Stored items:
▬▬▬

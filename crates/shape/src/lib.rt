// The shape of a cell of four particles: its rotation, its volume and its edges.
#![tactic(auto)]

pub mod cell; // soft_body_geometry.rs, cells only
pub mod rotation; // soft_body_shape_matching.rs
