// The volume of a cell, its gradients, and the cell's edges from particle 0.
ghost use Rattle.std.specs.Prelude.{◌≡◌};
ghost use Rattle.shape.specs.Cell as spec;

use vector::{Four, Mat3, Vec3};

#[tactic(auto, unfolding(crate::specs::Cell::cell_edge_matrix))]
pub fn cell_edge_matrix(x: Four<Vec3>) -> Mat3
    ensures { result ≡ spec.cell_edge_matrix x }
{
    Mat3 {
        x: x.b - x.a,
        y: x.c - x.a,
        z: x.d - x.a,
    }
}

#[tactic(auto, unfolding(crate::specs::Cell::cell_edge_matrix, crate::specs::Cell::cell_volume))]
pub fn cell_volume(x: Four<Vec3>) -> f32
    ensures { result ≡ spec.cell_volume x }
{
    let edges = cell_edge_matrix(x);
    edges.x.dot(edges.y.cross(edges.z)) / 6.0
}

// The gradient by a particle, from the edges to the next two.
#[tactic(auto, unfolding(crate::specs::Cell::face_gradient))]
fn face_gradient(u: Vec3, v: Vec3) -> Vec3
    ensures { result ≡ spec.face_gradient u v }
{
    u.cross(v) / 6.0
}

#[tactic(auto, unfolding(crate::specs::Cell::cell_edge_matrix, crate::specs::Cell::cell_volume_gradients))]
pub fn cell_volume_gradients(x: Four<Vec3>) -> Four<Vec3>
    ensures { result ≡ spec.cell_volume_gradients x }
{
    let edges = cell_edge_matrix(x);
    let b = face_gradient(edges.y, edges.z);
    let c = face_gradient(edges.z, edges.x);
    let d = face_gradient(edges.x, edges.y);
    let sum = b + c + d;
    Four { a: -sum, b, c, d }
}
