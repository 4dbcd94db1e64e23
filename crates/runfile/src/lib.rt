// Run files, read and written: 01, "Stored forms". Which byte is which field is said in specs/RunFile.antt.
//
// Every function takes any bytes. The lengths of a file are judged before they are added to a place, so no sum can wrap.
#![tactic(auto)]

ghost use Rattle.std.specs.Prelude.{◌≡◌, ◌+◌, ◌≤◌, length};
ghost use Rattle.words.specs.Wrote.{Wrote};
ghost use Rattle.runfile.specs.RunFile.{bodies, fine_program, fine_events, fine_lengths, entry_of, entry, header_of, header};
ghost use Rattle.runfile.specs.RunFile.{is_run_file, read_answer, read_limit, read_program, read_events, Writes};

use rules::{Answer, Refusal};

// "form (one byte, 1), entry count (one byte, 2)"
const FORM: u8 = 1;

const ENTRIES: u8 = 2;

// "tag 1 (program) first, then 2 (events)"
const PROGRAM_TAG: u32 = 1;

const EVENTS_TAG: u32 = 2;

// "the bodies, back to back from byte 28"
const BODIES: usize = 28;

// "Program 4 to 4,096 bytes in fours"
fn fine_program(n: usize) -> bool
    ensures { result ≡ fine_program n }
{
    (4 <= n) & (n <= 4096) & (n % 4 == 0)
}

// "events 0 to 32,768 in eights"
fn fine_events(n: usize) -> bool
    ensures { result ≡ fine_events n }
{
    (n <= 32768) & (n % 8 == 0)
}

// Both lengths follow the rules.
fn fine_lengths(program: usize, events: usize) -> bool
    ensures { result ≡ fine_lengths program events }
{
    fine_program(program) & fine_events(events)
}

// How many bytes the program has, as the contents say.
fn program_length(file: &[u8]) -> usize
    ensures { result ≡ (header.at file.now 0).program }
{
    words::get32(file, 12) as usize
}

// How many bytes the events have, as the contents say.
fn events_length(file: &[u8]) -> usize
    ensures { result ≡ (header.at file.now 0).events }
{
    words::get32(file, 24) as usize
}

// The header is that of a run file: form, entry count, tags, the offsets of bodies that stand back to back, lengths that follow the
// rules. L is not judged.
fn fine_header(file: &[u8]) -> bool
    ensures { result ≡ header.fine file.now 0 }
{
    let program = program_length(file);
    let events = events_length(file);
    if !fine_lengths(program, events) {
        return false;
    }
    (words::get8(file, 0) == FORM)
        & (words::get8(file, 1) == ENTRIES)
        & (words::get32(file, 4) == PROGRAM_TAG)
        & (words::get32(file, 8) as usize == BODIES)
        & (words::get32(file, 16) == EVENTS_TAG)
        & (words::get32(file, 20) as usize == BODIES + program)
}

// The header is that of a run file, the bodies are there, "nothing after".
fn is_run_file(file: &[u8]) -> bool
    ensures { result ≡ is_run_file file.now }
{
    if !fine_header(file) {
        return false;
    }
    file.len() == BODIES + program_length(file) + events_length(file)
}

// Whether a file is a run file: 0, or "bad run file", 10.
pub fn check(file: &[u8]) -> Answer
    ensures { result ≡ read_answer file.now }
{
    if is_run_file(file) {
        return Ok(());
    }
    Err(Refusal::BadFile)
}

// L as a run file has it, good or not: whether a card can run under it is another question. 0 where the file is refused.
pub fn limit(file: &[u8]) -> u16
    ensures { result ≡ read_limit file.now }
{
    if is_run_file(file) {
        return words::get16(file, 2);
    }
    0
}

// The program: a part of the file, empty where the file is refused.
pub fn program(file: &[u8]) -> &[u8]
    ensures { result.now ≡ read_program file.now }
{
    if is_run_file(file) {
        let end = BODIES + program_length(file);
        return &file[BODIES..end];
    }
    &file[0..0]
}

// The events: a part of the file, empty where the file is refused.
pub fn events(file: &[u8]) -> &[u8]
    ensures { result.now ≡ read_events file.now }
{
    if is_run_file(file) {
        let start = BODIES + program_length(file);
        return &file[start..];
    }
    &file[0..0]
}

// "entries of tag, offset, length (4 bytes each)"
fn put_entry(tag: u32, offset: u32, size: u32, buf: &mut [u8], at: usize)
    requires { at + 12 ≤ bodies }
    ensures { Wrote buf.old at ((entry tag).bytes (entry_of offset size)) buf.new }
{
    words::put32(buf, at, tag);
    words::put32(buf, at + 4, offset);
    words::put32(buf, at + 8, size);
}

// "form .., entry count .., L (2 bytes); contents: two entries ..; then the bodies, back to back from byte 28"
fn put_header(limit: u16, program: usize, events: usize, buf: &mut [u8])
    requires { (program ≤ 4096) × (events ≤ 32768) }
    ensures { Wrote buf.old 0 (header.bytes (header_of limit program events)) buf.new }
{
    words::put8(buf, 0, FORM);
    words::put8(buf, 1, ENTRIES);
    words::put16(buf, 2, limit);
    put_entry(PROGRAM_TAG, BODIES as u32, program as u32, buf, 4);
    let next = BODIES + program;
    put_entry(EVENTS_TAG, next as u32, events as u32, buf, 16);
}

// A body, as it is.
fn put_body(body: &[u8], buf: &mut [u8], at: usize)
    requires { at + length body.now ≤ length buf.old }
    ensures { Wrote buf.old at body.now buf.new }
{
    buf[at..at + body.len()].copy_from_slice(body);
}

// Writes the run file of a program and its events at the front of the buffer, and keeps what stands behind it. "10 for a length
// that breaks these rules, then 9"; refused, it writes nothing. L and what stands in the bodies are not judged.
pub fn write(limit: u16, program: &[u8], events: &[u8], buf: &mut [u8]) -> Answer
    ensures { Writes limit program.now events.now buf.old result buf.new }
{
    if !fine_lengths(program.len(), events.len()) {
        return Err(Refusal::BadFile);
    }
    let next = BODIES + program.len();
    if buf.len() < next + events.len() {
        return Err(Refusal::TooShort);
    }
    put_header(limit, program.len(), events.len(), buf);
    put_body(program, buf, BODIES);
    put_body(events, buf, next);
    Ok(())
}
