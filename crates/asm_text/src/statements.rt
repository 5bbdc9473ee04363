ghost use Rattle.std.specs.Prelude.{◌≡◌, ◌≤◌, true, length, OnOk};
ghost use Rattle.asm_lines.specs.Statements.{Encodable};
ghost use Rattle.asm_text.specs.Bounds.{Bounded, HasRoom};
ghost use Rattle.asm_text.specs.Refusals.{takes_bytes, has_room};
ghost use Rattle.asm_text.specs.Said as want;

use crate::assembler::Assembler;
use asm_lines::Statement;
use std::alloc::AllocError;

impl<'a> Assembler<'a> {
    /// `.ascii`
    fn put_ascii(&mut self, bytes: &[u8]) -> Result<(), AllocError>
        requires { takes_bytes (length bytes.now) self.old ≡ true }
        ensures { OnOk result (self.new ≡ want.with_ascii bytes.now self.old) }
    {
        if bytes.is_empty() {
            return Ok(());
        }
        self.sections.put_bytes(bytes)
    }

    /// `.zero`
    fn put_zeros(&mut self, n: u64) -> Result<(), AllocError>
        requires { has_room n self.old ≡ true }
        ensures { OnOk result (self.new ≡ want.with_gap n self.old) }
    {
        if n == 0 {
            return Ok(());
        }
        self.sections.put_zeros(n)
    }

    /// What a statement says of bytes.
    #[tactic(auto, unfolding(crate::specs::Said::stated))]
    fn put_contents(&mut self, line: u32, statement: &Statement<'a>) -> Result<(), AllocError>
        requires bounded { Bounded statement.now }
        requires encodable { Encodable statement.now }
        requires room { HasRoom statement.now self.old }
        ensures { OnOk result (self.new ≡ want.contained line statement.now self.old) }
    {
        match statement {
            Statement::Values { width, items } => self.put_items(*width, items.as_slice()),
            Statement::Ascii(bytes) => self.put_ascii(bytes.as_slice()),
            Statement::Zero(n) => self.put_zeros(*n),
            Statement::Align(align) => self.put_align(*align),
            Statement::Code { insn, fixup } => self.put_insn(line, *insn, fixup),
            Statement::Call {
                first,
                second,
                symbol,
            } => self.put_call(*first, *second, symbol.as_slice()),
            _ => Ok(()),
        }
    }

    /// What a statement says.
    #[tactic(auto, unfolding(crate::specs::Said::stated))]
    pub fn put_statement(&mut self, line: u32, statement: &Statement<'a>) -> Result<(), AllocError>
        requires bounded { Bounded statement.now }
        requires encodable { Encodable statement.now }
        requires room { HasRoom statement.now self.old }
        ensures { OnOk result (self.new ≡ want.stated line statement.now self.old) }
    {
        match statement {
            Statement::Section { name, kind } => self.sections.enter(name.as_slice(), *kind),
            Statement::Global(symbol) => self.symbols.make_global(symbol.as_slice()),
            Statement::Weak(symbol) => self.symbols.make_weak(symbol.as_slice()),
            Statement::Hidden(symbol) => self.symbols.make_hidden(symbol.as_slice()),
            Statement::Common {
                symbol,
                size,
                align,
            } => self.symbols.define_common(symbol.as_slice(), *size, *align),
            Statement::Relax(relax) => {
                self.relax = *relax;
                Ok(())
            }
            _ => self.put_contents(line, statement),
        }
    }
}
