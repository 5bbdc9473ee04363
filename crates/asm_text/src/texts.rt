ghost use Rattle.std.specs.Prelude.{◌≡◌, IfOk};
ghost use Rattle.asm_lines.specs.Statements.{Encodable};
ghost use Rattle.asm_text.specs.Bounds.{Bounded};
ghost use Rattle.asm_text.specs.Texts as want;

use crate::assembler::Assembler;
use crate::lines::Lines;
use crate::reading::BadLine;
use asm_lines::{AsmWhy, LineError, Name, Statement, label_of_line, statement_of_line};
use std::alloc::AllocError;

impl<'a> Assembler<'a> {
    /// What is said by the lines of a text, up to the first that is refused.
    pub fn read_lines(&mut self, text: &'a [u8]) -> Result<Option<BadLine>, AllocError>
        ensures { IfOk result (λ bad. want.read_from 0 self.old (want.lines_of text.now) ≡ (self.new, bad)) }
    {
        let mut lines = Lines::new(text);
        let mut number: u32 = 0;
        while let Some(line) = lines.next() {
            if number == u32::MAX {
                return Err(AllocError);
            }
            number += 1;
            if let Some(why) = self.read_line(number, line)? {
                return Ok(Some(BadLine { line: number, why }));
            }
        }
        Ok(None)
    }

    /// A line without its newline. Where it is refused, what is known stays.
    #[tactic(auto, unfolding(crate::specs::Texts::line_read))]
    fn read_line(&mut self, number: u32, line: &'a [u8]) -> Result<Option<AsmWhy>, AllocError>
        ensures { IfOk result (λ why. want.line_read number line.now self.old ≡ (self.new, why)) }
    {
        match label_of_line(line) {
            Err(why) => Ok(Some(why)),
            Ok(label) => self.read_labelled(number, &label, line),
        }
    }

    /// A line whose label is this one.
    fn read_labelled(
        &mut self,
        number: u32,
        label: &Option<Name<'a>>,
        line: &'a [u8],
    ) -> Result<Option<AsmWhy>, AllocError>
        ensures { IfOk result (λ why. want.labelled_read number label.now line.now self.old ≡ (self.new, why)) }
    {
        if let Some(why) = self.label_refusal(label) {
            return Ok(Some(why));
        }
        match statement_of_line(self.alloc, line) {
            Err(LineError::Bad(why)) => Ok(Some(why)),
            Err(LineError::NoMemory) => Err(AllocError),
            Ok(statement) => self.read_statement(number, label, &statement),
        }
    }

    /// A line whose label and statement are these.
    fn read_statement(
        &mut self,
        number: u32,
        label: &Option<Name<'a>>,
        statement: &Statement<'a>,
    ) -> Result<Option<AsmWhy>, AllocError>
        requires bounded { Bounded statement.now }
        requires encodable { Encodable statement.now }
        ensures { IfOk result (λ why. want.statement_read number label.now statement.now self.old ≡ (self.new, why)) }
    {
        if let Some(why) = self.refusal(label, statement) {
            return Ok(Some(why));
        }
        self.put_label(label)?;
        self.put_statement(number, statement)?;
        Ok(None)
    }
}
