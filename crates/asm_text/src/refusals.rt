ghost use Rattle.std.specs.Prelude.{◌≡◌, ◌≤◌, ◌<◌};
ghost use Rattle.asm_text.specs.Bounds.{Bounded};
ghost use Rattle.asm_text.specs.Known as known;
ghost use Rattle.asm_text.specs.Refusals as want;

use crate::assembler::Assembler;
use asm_lines::{AsmWhy, Fixup, Name, SectionKind, Statement};
use asm_state::{Definition, distance_to, is_bss, is_far};
use rv_insn::Insn;

/// The most bytes of a section.
const LARGEST: u128 = 0x100_0000;

/// The most sections.
const SECTION_LIMIT: usize = 16_384;

/// A relocation of a branch or a jump.
fn is_branch(kind: u32) -> bool
    ensures { result ≡ want.is_branch kind }
{
    kind == 16 || kind == 17
}

fn is_nowhere(definition: Definition) -> bool
    ensures { result ≡ known.is_nowhere definition }
{
    match definition {
        Definition::Nowhere => true,
        Definition::Label { .. } | Definition::Common { .. } => false,
    }
}

pub(crate) fn is_text(kind: SectionKind) -> bool
    ensures { result ≡ known.is_text kind }
{
    match kind {
        SectionKind::Text => true,
        SectionKind::Data | SectionKind::Bss | SectionKind::ReadOnly => false,
    }
}

fn is_label(label: &Option<Name>, name: &[u8]) -> bool
    ensures { result ≡ want.is_label label.now name.now }
{
    match label {
        None => false,
        Some(label) => label.as_slice() == name,
    }
}

/// The bytes up to the next multiple.
fn gap(align: u64, size: u64) -> u64
    requires { 0 < align }
    ensures { result ≡ want.gap align size }
{
    (align - size % align) % align
}

fn padding_of(relaxed: bool, align: u64, size: u64) -> u64
    requires { 0 < align }
    ensures { result ≡ want.padding_of relaxed align size }
{
    if relaxed && align >= 4 {
        align - 4
    } else {
        gap(align, size)
    }
}

impl<'a> Assembler<'a> {
    fn is_defined(&self, name: &[u8]) -> bool
        ensures { result ≡ known.is_defined name.now self.now.symbols }
    {
        !is_nowhere(self.symbols.said_of(name).definition)
    }

    /// Why a line can't have its label, if it can't.
    pub fn label_refusal(&self, label: &Option<Name>) -> Option<AsmWhy>
        ensures { result ≡ want.label_refusal label.now self.now }
    {
        match label {
            None => None,
            Some(name) => self.is_defined(name.as_slice()).then_some(AsmWhy::Label),
        }
    }

    /// Whether a branch is filled in where its label is a local one of the section.
    pub fn fills(&self, fixup: &Fixup) -> bool
        ensures { result ≡ want.fills fixup.now self.now }
    {
        is_branch(fixup.kind) && !self.relax
    }

    /// Whether a branch would be filled in, and its label is out of reach.
    #[tactic(auto, unfolding(crate::specs::Refusals::is_too_far))]
    fn is_too_far(&self, insn: Insn, fixup: &Fixup) -> bool
        ensures { result ≡ want.is_too_far insn fixup.now self.now }
    {
        let marks = self.symbols.said_of(fixup.symbol.as_slice());
        let distance = distance_to(
            self.sections.current_number(),
            self.sections.current_size(),
            marks,
        );
        self.fills(fixup) && is_far(insn, distance)
    }

    fn takes_name(&self, label: &Option<Name>, statement: &Statement) -> bool
        ensures { result ≡ want.takes_name label.now statement.now self.now }
    {
        match statement {
            Statement::Common { symbol, .. } => {
                self.is_defined(symbol.as_slice()) || is_label(label, symbol.as_slice())
            }
            _ => false,
        }
    }

    fn has_room(&self, n: u128) -> bool
        ensures { result ≡ want.has_room n self.now }
    {
        n <= LARGEST && self.sections.current_size() as u128 + n <= LARGEST
    }

    fn takes_bytes(&self, n: u128) -> bool
        ensures { result ≡ want.takes_bytes n self.now }
    {
        !is_bss(self.sections.current_kind()) && self.has_room(n)
    }

    /// How many bytes `.balign` writes.
    #[tactic(auto, unfolding(crate::specs::Refusals::padding))]
    pub fn padding(&self, align: u64) -> u64
        requires { 0 < align }
        ensures exact { result ≡ want.padding align self.now }
        ensures small { result ≤ align }
    {
        let relaxed = is_text(self.sections.current_kind()) && self.relax;
        padding_of(relaxed, align, self.sections.current_size())
    }

    fn takes_padding(&self, n: u64) -> bool
        ensures { result ≡ want.takes_padding n self.now }
    {
        (!is_text(self.sections.current_kind()) || n % 4 == 0) && self.has_room(n as u128)
    }

    /// Whether there may be one more section, where this one is new.
    fn takes_section(&self, name: &[u8]) -> bool
        ensures { result ≡ want.takes_section name.now self.now }
    {
        self.sections.has(name) || self.sections.len() < SECTION_LIMIT
    }

    /// Whether the current section takes what a statement says, or there may be one more section.
    #[tactic(auto, unfolding(crate::specs::Refusals::fits))]
    fn fits(&self, statement: &Statement) -> bool
        requires { Bounded statement.now }
        ensures { result ≡ want.fits statement.now self.now }
    {
        match statement {
            Statement::Section { name, .. } => self.takes_section(name.as_slice()),
            Statement::Values { width, items } => {
                self.takes_bytes(*width as u128 * items.len() as u128)
            }
            Statement::Ascii(bytes) => self.takes_bytes(bytes.len() as u128),
            Statement::Zero(n) => self.has_room(*n as u128),
            Statement::Align(align) => self.takes_padding(self.padding(*align)),
            Statement::Code { .. } => self.takes_bytes(4),
            Statement::Call { .. } => self.takes_bytes(8),
            _ => true,
        }
    }

    /// Why a statement that doesn't fit is refused.
    fn misfit(&self, statement: &Statement) -> AsmWhy
        ensures { result ≡ want.misfit statement.now self.now }
    {
        match statement {
            Statement::Code {
                insn,
                fixup: Some(fixup),
            } => self.number_or_section(*insn, fixup),
            _ => AsmWhy::Section,
        }
    }

    fn number_or_section(&self, insn: Insn, fixup: &Fixup) -> AsmWhy
        ensures { result ≡ want.misfit_branch insn fixup.now self.now }
    {
        if self.is_too_far(insn, fixup) {
            AsmWhy::Number
        } else {
            AsmWhy::Section
        }
    }

    /// Why a statement can't stand here, if it can't.
    #[tactic(auto, unfolding(crate::specs::Refusals::refusal))]
    pub fn refusal(&self, label: &Option<Name>, statement: &Statement) -> Option<AsmWhy>
        requires { Bounded statement.now }
        ensures { result ≡ want.refusal label.now statement.now self.now }
    {
        if self.takes_name(label, statement) {
            return Some(AsmWhy::Name);
        }
        if self.fits(statement) {
            return None;
        }
        Some(self.misfit(statement))
    }
}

▬▬▬

Using the entries shown above, reproduce verbatim the lines from the line bearing "put_entry(EVENTS_TAG, next as" to the line bearing "are not judged.", inclusive.

## Response
    put_entry(EVENTS_TAG, next as u32, events as u32, buf, 16);
}

// A body, as it is.
fn put_body(body: &[u8], buf: &mut [u8], at: usize)
    requires { at + length body.now ≤ length buf.old }
    ensures { Wrote buf.old at body.now buf.new }
{
    buf[at..at + body.len()].copy_from_slice(body);
}

// Writes the run file of a program and its events at the front of the buffer, and keeps what stands behind it. "10 for a length
// that breaks these rules, then 9"; refused, it writes nothing. L and what stands in the bodies are not judged.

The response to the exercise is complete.